Transcribe the data. Leave out nothing.

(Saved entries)
_ _ _ _
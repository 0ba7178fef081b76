//! Keys in an `Option`, a pair or a triple, looked up by queries that are made so. GUIDE's examples
//! have texts in them.
use ordered_multimap::{KeyQuery, ListOrderedMultimap};
use ordered_multimap_callers::maps::test_on_empty;
use std::hash::Hash;
use test_helpers::{Failed, Test};

// Whether the key has this value, and no other.
fn has<K: Eq + Hash, Q: KeyQuery<K>>(
    map: &ListOrderedMultimap<K, u32>,
    query: Q,
    value: u32,
) -> bool {
    map.get(query).copied() == Some(value) && map.entry_len(query) == 1
}

fn options_are_found(test: &Test, map: &mut ListOrderedMultimap<Option<u32>, u32>) {
    test.expect(map.append(Some(5), 1).is_ok() && map.append(None, 2).is_ok());
    test.expect(has(map, Some(&5), 1) && has(map, None::<&u32>, 2));
    test.expect(!map.contains_key(Some(&6)));
    test.expect(map.remove(None::<&u32>) == Some(2));
    test.expect(!map.contains_key(None::<&u32>));
}

fn pairs_are_found(test: &Test, map: &mut ListOrderedMultimap<(Option<u32>, u32), u32>) {
    test.expect(map.append((Some(5), 7), 1).is_ok() && map.append((None, 7), 2).is_ok());
    test.expect(has(map, (Some(&5), &7), 1) && has(map, (None::<&u32>, &7), 2));
    test.expect(!map.contains_key((Some(&5), &8)));
    test.expect(!map.contains_key((Some(&6), &7)));
}

fn triples_are_found(test: &Test, map: &mut ListOrderedMultimap<(u32, u32, u32), u32>) {
    test.expect(map.append((1, 5, 7), 1).is_ok());
    test.expect(has(map, (&1, &5, &7), 1));
    test.expect(!map.contains_key((&2, &5, &7)));
    test.expect(!map.contains_key((&1, &6, &7)));
    test.expect(!map.contains_key((&1, &5, &8)));
}

#[test]
fn joined_keys_are_found_by_joined_queries(rt: HostRuntime) -> Result<(), Failed> {
    test_on_empty(rt.alloc(), options_are_found)?;
    test_on_empty(rt.alloc(), pairs_are_found)?;
    test_on_empty(rt.alloc(), triples_are_found)
}
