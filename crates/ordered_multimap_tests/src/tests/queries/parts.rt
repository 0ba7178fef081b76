//! Keys that are compared and hashed by one part, and are looked up by it.
ghost use Rattle.std.specs.Prelude.{refl};

use ordered_multimap::{KeyByPart, ListOrderedMultimap, Part};
use ordered_multimap_callers::maps::test_on_empty;
use ordered_multimap_callers::queried::first_by_part;
use test_helpers::{F, Failed, Test, walk_difference};

#[derive(PartialEq, Eq, Hash, Drop)]
struct Name {
    text: String,
}

impl KeyByPart for Name {
    type Part = String;

    ghost part_of = { λ name. name.text };

    ghost same_eq = { λ x y. refl };

    ghost same_hash = { λ x. refl };

    fn part(&self) -> &String {
        &self.text
    }
}

type Names = ListOrderedMultimap<Name, u32>;

fn append(test: &Test, names: &mut Names, text: &str, value: u32) {
    match String::from_str(test.alloc(), text) {
        Ok(text) => test.expect(names.append(Name { text }, value).is_ok()),
        Err(_) => test.fail(),
    }
}

fn fill(test: &Test, names: &mut Names) {
    append(test, names, "line", 1);
    append(test, names, "page", 8);
    append(test, names, "line", 2);
}

fn names_are_found(test: &Test, names: &Names) {
    test.expect(names.get(Part("page")).copied() == Some(8));
    test.expect(names.get(Part("pag")).is_none());
    test.expect(first_by_part(names, "line") == Some(1));
    let both = [(F, 1), (F, 2)];
    test.expect_same(walk_difference(&mut names.get_all(Part("line")), &both));
}

fn parts_are_queries(test: &Test, names: &mut Names) {
    fill(test, names);
    names_are_found(test, names);
    test.expect(names.remove(Part("line")) == Some(1));
    test.expect(names.keys_len() == 1);
}

#[test]
fn names_are_found_by_their_texts(rt: HostRuntime) -> Result<(), Failed> {
    test_on_empty(rt.alloc(), parts_are_queries)
}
_ _ _ _
◆ EXERCISE OUTPUT:
repository 0ba7178fef081b76
//! Keys in an `Option`, a pair or a triple, looked up by queries that are made so. GUIDE's examples
//! have texts in them.
use ordered_multimap::{KeyQuery, ListOrderedMultimap};
use ordered_multimap_callers::maps::test_on_empty;
use std::hash::Hash;
use test_helpers::{Failed, Test};

// Whether the key has this value, and no other.
fn has<K: Eq + Hash, Q: KeyQuery<K>>(
    map: &ListOrderedMultimap<K, u32>,
    query: Q,
    value: u32,
) -> bool {
    map.get(query).copied() == Some(value) && map.entry_len(query) == 1
}

fn options_are_found(test: &Test, map: &mut ListOrderedMultimap<Option<u32>, u32>) {
    test.expect(map.append(Some(5), 1).is_ok() && map.append(None, 2).is_ok());
    test.expect(has(map, Some(&5), 1) && has(map, None::<&u32>, 2));
    test.expect(!map.contains_key(Some(&6)));
    test.expect(map.remove(None::<&u32>) == Some(2));
    test.expect(!map.contains_key(None::<&u32>));
}

fn pairs_are_found(test: &Test, map: &mut ListOrderedMultimap<(Option<u32>, u32), u32>) {
    test.expect(map.append((Some(5), 7), 1).is_ok() && map.append((None, 7), 2).is_ok());
    test.expect(has(map, (Some(&5), &7), 1) && has(map, (None::<&u32>, &7), 2));
    test.expect(!map.contains_key((Some(&5), &8)));
    test.expect(!map.contains_key((Some(&6), &7)));
}

fn triples_are_found(test: &Test, map: &mut ListOrderedMultimap<(u32, u32, u32), u32>) {
    test.expect(map.append((1, 5, 7), 1).is_ok());
    test.expect(has(map, (&1, &5, &7), 1));
    test.expect(!map.contains_key((&2, &5, &7)));
    test.expect(!map.contains_key((&1, &6, &7)));
    test.expect(!map.contains_key((&1, &5, &8)));
}

#[test]
fn joined_keys_are_found_by_joined_queries(rt: HostRuntime) -> Result<(), Failed> {
    test_on_empty(rt.alloc(), options_are_found)?;
    test_on_empty(rt.alloc(), pairs_are_found)?;
    test_on_empty(rt.alloc(), triples_are_found)
}
filename crates/ordered_multimap_tests/src/tests/queries/parts.rt
repository 0ba7178fef081b76
//! Keys that are compared and hashed by one part, and are looked up by it.
ghost use Rattle.std.specs.Prelude.{refl};

use ordered_multimap::{KeyByPart, ListOrderedMultimap, Part};
use ordered_multimap_callers::maps::test_on_empty;
use ordered_multimap_callers::queried::first_by_part;
use test_helpers::{F, Failed, Test, walk_difference};

#[derive(PartialEq, Eq, Hash, Drop)]
struct Name {
    text: String,
}

impl KeyByPart for Name {
    type Part = String;

    ghost part_of = { λ name. name.text };

    ghost same_eq = { λ x y. refl };

    ghost same_hash = { λ x. refl };

    fn part(&self) -> &String {
        &self.text
    }
}

type Names = ListOrderedMultimap<Name, u32>;

fn append(test: &Test, names: &mut Names, text: &str, value: u32) {
    match String::from_str(test.alloc(), text) {
        Ok(text) => test.expect(names.append(Name { text }, value).is_ok()),
        Err(_) => test.fail(),
    }
}

fn fill(test: &Test, names: &mut Names) {
    append(test, names, "line", 1);
    append(test, names, "page", 8);
    append(test, names, "line", 2);
}

fn names_are_found(test: &Test, names: &Names) {
    test.expect(names.get(Part("page")).copied() == Some(8));
    test.expect(names.get(Part("pag")).is_none());
    test.expect(first_by_part(names, "line") == Some(1));
    let both = [(F, 1), (F, 2)];
    test.expect_same(walk_difference(&mut names.get_all(Part("line")), &both));
}

fn parts_are_queries(test: &Test, names: &mut Names) {
    fill(test, names);
    names_are_found(test, names);
    test.expect(names.remove(Part("line")) == Some(1));
    test.expect(names.keys_len() == 1);
}

#[test]
fn names_are_found_by_their_texts(rt: HostRuntime) -> Result<(), Failed> {
    test_on_empty(rt.alloc(), parts_are_queries)
}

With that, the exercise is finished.